** Opening Task data block **
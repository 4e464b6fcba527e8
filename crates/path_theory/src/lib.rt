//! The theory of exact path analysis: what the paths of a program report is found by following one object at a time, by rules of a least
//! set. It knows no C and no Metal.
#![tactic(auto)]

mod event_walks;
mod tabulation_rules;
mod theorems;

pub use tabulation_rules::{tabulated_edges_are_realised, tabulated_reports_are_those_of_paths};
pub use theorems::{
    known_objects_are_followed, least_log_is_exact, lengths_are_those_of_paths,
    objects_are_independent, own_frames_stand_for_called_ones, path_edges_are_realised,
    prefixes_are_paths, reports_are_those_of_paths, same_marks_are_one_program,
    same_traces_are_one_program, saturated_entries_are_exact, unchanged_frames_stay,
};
** Closing Task data block **
Transcribe each of the records above exactly.

repository 4e464b6fcba527e8
filename crates/path_theory/src/lib.rt
//! The theory of exact path analysis: what the paths of a program report is found by following one object at a time, by rules of a least
//! set. It knows no C and no Metal.
#![tactic(auto)]

mod event_walks;
mod tabulation_rules;
mod theorems;

pub use tabulation_rules::{tabulated_edges_are_realised, tabulated_reports_are_those_of_paths};
pub use theorems::{
    known_objects_are_followed, least_log_is_exact, lengths_are_those_of_paths,
    objects_are_independent, own_frames_stand_for_called_ones, path_edges_are_realised,
    prefixes_are_paths, reports_are_those_of_paths, same_marks_are_one_program,
    same_traces_are_one_program, saturated_entries_are_exact, unchanged_frames_stay,
};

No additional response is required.